PROBLEM STATEMENT
Search the data for the word "many" and copy every line that contains it.

Records contained in a dataset
'''

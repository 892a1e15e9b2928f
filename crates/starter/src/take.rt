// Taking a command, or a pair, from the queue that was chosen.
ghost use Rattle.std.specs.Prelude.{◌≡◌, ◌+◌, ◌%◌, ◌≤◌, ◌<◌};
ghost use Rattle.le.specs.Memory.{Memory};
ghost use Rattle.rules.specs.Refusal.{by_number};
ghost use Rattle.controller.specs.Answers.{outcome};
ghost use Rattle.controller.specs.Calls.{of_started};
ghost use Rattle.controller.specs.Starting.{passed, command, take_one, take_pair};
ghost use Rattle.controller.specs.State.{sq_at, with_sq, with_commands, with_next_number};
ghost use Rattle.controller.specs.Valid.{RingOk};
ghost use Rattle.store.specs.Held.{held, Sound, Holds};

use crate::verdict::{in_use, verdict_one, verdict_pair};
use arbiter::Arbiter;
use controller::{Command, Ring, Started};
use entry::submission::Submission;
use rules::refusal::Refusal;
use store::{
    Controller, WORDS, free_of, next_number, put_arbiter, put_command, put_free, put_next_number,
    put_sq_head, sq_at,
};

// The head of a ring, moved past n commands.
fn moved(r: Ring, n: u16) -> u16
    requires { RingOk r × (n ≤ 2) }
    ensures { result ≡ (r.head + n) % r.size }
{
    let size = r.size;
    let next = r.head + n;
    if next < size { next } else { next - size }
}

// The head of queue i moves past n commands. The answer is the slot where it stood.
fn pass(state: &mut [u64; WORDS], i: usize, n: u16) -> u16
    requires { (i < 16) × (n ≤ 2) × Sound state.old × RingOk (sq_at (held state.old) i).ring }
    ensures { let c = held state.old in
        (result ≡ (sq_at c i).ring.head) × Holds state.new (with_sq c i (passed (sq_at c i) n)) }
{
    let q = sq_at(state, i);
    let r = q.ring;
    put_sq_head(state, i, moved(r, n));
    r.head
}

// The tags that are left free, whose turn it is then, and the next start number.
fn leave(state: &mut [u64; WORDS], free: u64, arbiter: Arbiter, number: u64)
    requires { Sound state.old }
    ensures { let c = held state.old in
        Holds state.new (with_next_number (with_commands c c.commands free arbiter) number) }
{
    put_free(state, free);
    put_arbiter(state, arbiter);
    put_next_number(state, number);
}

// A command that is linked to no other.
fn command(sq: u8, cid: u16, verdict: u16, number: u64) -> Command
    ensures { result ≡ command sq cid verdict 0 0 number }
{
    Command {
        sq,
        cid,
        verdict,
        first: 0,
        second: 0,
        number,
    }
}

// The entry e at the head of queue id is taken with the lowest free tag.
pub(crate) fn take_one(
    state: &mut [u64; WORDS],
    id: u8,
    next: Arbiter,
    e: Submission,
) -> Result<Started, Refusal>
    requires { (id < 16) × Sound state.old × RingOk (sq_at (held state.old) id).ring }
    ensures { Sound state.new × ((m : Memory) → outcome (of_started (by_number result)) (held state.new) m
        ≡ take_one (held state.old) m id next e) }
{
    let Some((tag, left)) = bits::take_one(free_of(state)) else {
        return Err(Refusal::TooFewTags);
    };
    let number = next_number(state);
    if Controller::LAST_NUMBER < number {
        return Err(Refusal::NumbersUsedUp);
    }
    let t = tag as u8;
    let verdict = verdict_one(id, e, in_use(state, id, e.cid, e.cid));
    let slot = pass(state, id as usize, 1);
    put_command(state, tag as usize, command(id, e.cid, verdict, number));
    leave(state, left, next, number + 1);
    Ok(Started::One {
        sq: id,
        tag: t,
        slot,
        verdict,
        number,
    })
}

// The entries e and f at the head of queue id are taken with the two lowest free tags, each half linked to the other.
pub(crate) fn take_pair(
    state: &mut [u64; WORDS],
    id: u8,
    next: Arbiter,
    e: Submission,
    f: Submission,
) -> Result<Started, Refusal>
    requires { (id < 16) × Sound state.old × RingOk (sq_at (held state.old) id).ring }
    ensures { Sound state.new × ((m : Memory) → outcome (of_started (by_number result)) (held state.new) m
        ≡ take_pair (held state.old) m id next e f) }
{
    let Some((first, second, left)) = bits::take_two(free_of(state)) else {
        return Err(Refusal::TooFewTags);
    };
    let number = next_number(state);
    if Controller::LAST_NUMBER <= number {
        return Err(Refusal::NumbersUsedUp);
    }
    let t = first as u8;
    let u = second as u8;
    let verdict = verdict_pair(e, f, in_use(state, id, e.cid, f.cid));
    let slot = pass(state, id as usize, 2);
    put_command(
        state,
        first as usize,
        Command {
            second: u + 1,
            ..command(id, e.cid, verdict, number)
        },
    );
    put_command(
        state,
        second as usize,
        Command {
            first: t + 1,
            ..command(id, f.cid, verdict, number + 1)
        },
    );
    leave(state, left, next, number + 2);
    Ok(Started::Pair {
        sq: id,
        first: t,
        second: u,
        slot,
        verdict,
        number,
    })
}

'''
'''

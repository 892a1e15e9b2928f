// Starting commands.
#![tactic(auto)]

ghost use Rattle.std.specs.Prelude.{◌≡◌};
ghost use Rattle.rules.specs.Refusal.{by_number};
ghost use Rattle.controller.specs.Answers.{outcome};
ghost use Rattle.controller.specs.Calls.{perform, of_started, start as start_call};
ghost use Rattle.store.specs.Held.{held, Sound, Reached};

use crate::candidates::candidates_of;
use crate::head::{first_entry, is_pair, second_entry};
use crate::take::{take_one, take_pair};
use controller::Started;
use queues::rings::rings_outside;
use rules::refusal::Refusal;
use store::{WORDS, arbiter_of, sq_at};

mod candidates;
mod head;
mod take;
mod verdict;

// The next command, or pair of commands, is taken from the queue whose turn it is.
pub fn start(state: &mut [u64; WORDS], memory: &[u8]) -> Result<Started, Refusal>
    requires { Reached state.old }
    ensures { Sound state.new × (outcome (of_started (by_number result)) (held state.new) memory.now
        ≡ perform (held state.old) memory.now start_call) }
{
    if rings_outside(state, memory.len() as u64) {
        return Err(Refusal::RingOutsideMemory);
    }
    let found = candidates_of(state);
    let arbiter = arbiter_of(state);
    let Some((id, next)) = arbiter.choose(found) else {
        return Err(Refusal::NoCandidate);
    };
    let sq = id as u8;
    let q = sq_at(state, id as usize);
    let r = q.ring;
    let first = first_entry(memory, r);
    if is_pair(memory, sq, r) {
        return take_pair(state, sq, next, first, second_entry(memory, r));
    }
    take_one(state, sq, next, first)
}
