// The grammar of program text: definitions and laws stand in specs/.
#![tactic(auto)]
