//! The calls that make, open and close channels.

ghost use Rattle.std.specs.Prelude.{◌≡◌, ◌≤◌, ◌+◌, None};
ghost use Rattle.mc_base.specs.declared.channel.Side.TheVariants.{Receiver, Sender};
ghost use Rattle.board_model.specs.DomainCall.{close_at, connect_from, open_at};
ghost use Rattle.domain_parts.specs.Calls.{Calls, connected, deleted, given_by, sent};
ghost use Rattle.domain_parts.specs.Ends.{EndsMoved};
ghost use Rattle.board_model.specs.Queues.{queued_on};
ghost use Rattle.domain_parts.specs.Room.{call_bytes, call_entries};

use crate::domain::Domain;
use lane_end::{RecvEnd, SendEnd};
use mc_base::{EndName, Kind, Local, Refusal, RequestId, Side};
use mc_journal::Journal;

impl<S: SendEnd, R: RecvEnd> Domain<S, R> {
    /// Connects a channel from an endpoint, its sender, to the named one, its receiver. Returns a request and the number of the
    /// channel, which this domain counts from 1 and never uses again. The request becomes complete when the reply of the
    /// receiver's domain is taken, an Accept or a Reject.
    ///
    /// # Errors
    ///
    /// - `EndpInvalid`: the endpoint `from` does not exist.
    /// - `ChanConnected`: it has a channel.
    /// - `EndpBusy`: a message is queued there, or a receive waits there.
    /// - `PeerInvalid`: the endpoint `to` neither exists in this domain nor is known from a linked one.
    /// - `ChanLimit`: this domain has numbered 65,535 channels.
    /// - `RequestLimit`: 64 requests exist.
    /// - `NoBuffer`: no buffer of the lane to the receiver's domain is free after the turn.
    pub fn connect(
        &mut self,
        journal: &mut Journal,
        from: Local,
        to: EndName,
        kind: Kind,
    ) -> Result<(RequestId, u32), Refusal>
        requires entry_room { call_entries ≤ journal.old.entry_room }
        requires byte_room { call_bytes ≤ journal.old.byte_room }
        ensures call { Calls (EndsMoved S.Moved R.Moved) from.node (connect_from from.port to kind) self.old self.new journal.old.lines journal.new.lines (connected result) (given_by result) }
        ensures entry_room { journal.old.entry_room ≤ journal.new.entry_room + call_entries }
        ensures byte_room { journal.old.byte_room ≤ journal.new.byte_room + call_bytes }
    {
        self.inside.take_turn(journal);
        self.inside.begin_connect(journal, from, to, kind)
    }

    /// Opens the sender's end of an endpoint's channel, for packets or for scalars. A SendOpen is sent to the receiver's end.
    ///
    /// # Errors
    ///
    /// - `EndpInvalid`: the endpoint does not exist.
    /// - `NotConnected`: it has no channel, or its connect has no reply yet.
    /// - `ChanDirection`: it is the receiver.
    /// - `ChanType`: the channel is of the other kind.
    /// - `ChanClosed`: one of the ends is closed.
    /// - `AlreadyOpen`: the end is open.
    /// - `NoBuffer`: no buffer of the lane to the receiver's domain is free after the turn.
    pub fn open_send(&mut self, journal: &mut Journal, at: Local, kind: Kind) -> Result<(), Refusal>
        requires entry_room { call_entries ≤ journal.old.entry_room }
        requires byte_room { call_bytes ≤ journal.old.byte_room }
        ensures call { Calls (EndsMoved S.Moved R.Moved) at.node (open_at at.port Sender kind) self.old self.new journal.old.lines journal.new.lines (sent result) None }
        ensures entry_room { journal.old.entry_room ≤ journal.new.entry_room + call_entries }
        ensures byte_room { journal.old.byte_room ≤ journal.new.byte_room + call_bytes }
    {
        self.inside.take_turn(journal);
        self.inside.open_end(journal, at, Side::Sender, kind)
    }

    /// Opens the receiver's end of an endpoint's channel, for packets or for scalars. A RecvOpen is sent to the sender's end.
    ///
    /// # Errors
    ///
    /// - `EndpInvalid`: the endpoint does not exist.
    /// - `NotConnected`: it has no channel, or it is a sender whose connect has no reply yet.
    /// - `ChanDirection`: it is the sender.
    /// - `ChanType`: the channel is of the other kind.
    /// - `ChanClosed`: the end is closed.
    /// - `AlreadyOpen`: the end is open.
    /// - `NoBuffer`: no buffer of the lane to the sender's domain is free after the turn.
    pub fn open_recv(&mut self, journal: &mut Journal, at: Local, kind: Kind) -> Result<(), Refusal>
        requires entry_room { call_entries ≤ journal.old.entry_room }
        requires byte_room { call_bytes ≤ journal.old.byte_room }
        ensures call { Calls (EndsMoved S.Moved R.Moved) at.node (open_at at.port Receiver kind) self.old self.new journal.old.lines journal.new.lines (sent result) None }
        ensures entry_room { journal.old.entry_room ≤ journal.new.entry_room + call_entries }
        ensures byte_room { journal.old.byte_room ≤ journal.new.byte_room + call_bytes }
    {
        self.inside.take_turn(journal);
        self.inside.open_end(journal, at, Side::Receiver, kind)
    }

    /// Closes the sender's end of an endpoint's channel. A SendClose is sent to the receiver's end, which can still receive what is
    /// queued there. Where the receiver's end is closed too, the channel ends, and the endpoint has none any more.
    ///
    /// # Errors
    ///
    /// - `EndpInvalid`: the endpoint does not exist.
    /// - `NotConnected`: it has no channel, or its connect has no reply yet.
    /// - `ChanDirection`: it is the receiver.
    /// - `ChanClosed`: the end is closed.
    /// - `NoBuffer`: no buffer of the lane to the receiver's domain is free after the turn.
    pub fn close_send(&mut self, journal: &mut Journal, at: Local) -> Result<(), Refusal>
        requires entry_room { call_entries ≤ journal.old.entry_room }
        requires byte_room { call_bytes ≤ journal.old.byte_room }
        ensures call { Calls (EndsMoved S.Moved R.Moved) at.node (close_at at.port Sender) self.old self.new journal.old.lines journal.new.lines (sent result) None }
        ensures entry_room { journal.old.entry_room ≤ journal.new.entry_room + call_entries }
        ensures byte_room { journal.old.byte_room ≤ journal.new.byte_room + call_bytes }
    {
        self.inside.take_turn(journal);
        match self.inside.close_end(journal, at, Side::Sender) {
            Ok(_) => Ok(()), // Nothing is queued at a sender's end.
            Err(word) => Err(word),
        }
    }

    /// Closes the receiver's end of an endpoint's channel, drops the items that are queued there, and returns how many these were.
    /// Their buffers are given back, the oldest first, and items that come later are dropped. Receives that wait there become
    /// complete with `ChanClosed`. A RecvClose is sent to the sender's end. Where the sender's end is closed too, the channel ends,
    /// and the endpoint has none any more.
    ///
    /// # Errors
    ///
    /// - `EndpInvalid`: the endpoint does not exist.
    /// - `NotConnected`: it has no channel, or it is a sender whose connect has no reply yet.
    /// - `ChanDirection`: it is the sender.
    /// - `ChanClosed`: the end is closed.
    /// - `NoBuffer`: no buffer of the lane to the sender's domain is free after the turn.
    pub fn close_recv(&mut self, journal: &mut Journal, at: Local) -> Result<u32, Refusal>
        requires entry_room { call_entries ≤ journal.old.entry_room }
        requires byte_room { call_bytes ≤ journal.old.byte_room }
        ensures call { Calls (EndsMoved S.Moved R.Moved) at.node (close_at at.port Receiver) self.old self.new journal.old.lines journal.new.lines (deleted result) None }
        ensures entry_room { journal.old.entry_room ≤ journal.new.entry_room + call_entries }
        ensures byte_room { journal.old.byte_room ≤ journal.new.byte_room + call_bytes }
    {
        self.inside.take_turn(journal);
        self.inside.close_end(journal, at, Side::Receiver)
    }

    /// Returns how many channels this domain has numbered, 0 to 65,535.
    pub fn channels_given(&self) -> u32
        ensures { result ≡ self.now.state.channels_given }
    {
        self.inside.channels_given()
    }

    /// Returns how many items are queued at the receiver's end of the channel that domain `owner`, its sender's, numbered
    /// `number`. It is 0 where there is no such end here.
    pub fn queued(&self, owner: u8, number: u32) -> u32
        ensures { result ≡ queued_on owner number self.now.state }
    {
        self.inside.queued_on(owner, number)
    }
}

'''
'''

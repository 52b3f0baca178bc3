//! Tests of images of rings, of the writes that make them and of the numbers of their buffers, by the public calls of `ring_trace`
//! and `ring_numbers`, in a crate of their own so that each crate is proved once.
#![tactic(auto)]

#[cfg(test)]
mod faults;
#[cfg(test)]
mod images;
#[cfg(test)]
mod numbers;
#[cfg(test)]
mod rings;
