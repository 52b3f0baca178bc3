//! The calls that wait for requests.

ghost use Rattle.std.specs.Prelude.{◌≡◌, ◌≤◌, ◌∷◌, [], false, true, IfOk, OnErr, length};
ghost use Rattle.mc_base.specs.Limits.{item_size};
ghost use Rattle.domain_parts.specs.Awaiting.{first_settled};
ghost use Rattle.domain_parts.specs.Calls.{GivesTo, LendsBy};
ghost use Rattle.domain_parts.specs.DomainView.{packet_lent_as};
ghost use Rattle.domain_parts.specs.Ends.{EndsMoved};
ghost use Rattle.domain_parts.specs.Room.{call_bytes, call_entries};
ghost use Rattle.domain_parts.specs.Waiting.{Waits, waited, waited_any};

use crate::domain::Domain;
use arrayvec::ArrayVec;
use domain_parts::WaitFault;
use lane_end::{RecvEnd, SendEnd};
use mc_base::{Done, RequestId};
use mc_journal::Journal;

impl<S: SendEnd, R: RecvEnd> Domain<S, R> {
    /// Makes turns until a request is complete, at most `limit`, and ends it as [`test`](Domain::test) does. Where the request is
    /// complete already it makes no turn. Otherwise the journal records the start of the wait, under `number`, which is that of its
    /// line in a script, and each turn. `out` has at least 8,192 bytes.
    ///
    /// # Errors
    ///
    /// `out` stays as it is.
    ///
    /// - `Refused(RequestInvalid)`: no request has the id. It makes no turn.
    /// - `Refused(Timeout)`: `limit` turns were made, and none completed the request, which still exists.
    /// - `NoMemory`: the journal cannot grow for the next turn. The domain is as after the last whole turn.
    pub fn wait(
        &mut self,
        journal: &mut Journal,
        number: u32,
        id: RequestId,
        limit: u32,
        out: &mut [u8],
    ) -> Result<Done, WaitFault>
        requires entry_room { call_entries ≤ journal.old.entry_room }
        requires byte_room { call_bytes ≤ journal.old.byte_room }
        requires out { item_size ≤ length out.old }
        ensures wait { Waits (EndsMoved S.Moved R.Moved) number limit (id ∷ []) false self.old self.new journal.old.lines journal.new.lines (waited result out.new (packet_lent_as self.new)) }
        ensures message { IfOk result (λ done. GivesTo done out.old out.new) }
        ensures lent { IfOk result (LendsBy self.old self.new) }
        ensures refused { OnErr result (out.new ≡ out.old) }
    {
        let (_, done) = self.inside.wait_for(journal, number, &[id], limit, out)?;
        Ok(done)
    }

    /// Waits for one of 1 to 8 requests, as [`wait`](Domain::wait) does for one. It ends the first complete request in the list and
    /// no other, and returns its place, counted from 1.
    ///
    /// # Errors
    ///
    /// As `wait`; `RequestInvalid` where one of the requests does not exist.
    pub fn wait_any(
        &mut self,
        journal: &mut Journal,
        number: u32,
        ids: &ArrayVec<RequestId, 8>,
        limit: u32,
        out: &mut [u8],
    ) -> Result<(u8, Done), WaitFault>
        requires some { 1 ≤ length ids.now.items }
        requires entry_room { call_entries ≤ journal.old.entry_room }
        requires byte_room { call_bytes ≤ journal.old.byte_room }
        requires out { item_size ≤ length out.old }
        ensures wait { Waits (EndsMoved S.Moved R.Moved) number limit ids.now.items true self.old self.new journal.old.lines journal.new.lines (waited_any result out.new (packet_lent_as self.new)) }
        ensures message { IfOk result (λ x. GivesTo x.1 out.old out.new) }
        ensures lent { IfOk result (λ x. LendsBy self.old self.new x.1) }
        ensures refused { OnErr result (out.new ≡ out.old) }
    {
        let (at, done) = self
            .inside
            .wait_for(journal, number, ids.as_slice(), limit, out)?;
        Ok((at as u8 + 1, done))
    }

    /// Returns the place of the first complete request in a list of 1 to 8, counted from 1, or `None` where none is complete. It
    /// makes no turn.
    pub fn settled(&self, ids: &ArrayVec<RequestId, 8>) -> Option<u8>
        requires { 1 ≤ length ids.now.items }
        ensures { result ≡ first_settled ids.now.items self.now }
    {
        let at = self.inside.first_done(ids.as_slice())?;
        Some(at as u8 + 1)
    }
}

'''

FINISHED TASK
    /// Closes the receiver's end of an endpoint's channel, drops the items that are queued there, and returns how many these were.
    /// Returns how many channels this domain has numbered, 0 to 65,535.
    /// Returns how many items are queued at the receiver's end of the channel that domain `owner`, its sender's, numbered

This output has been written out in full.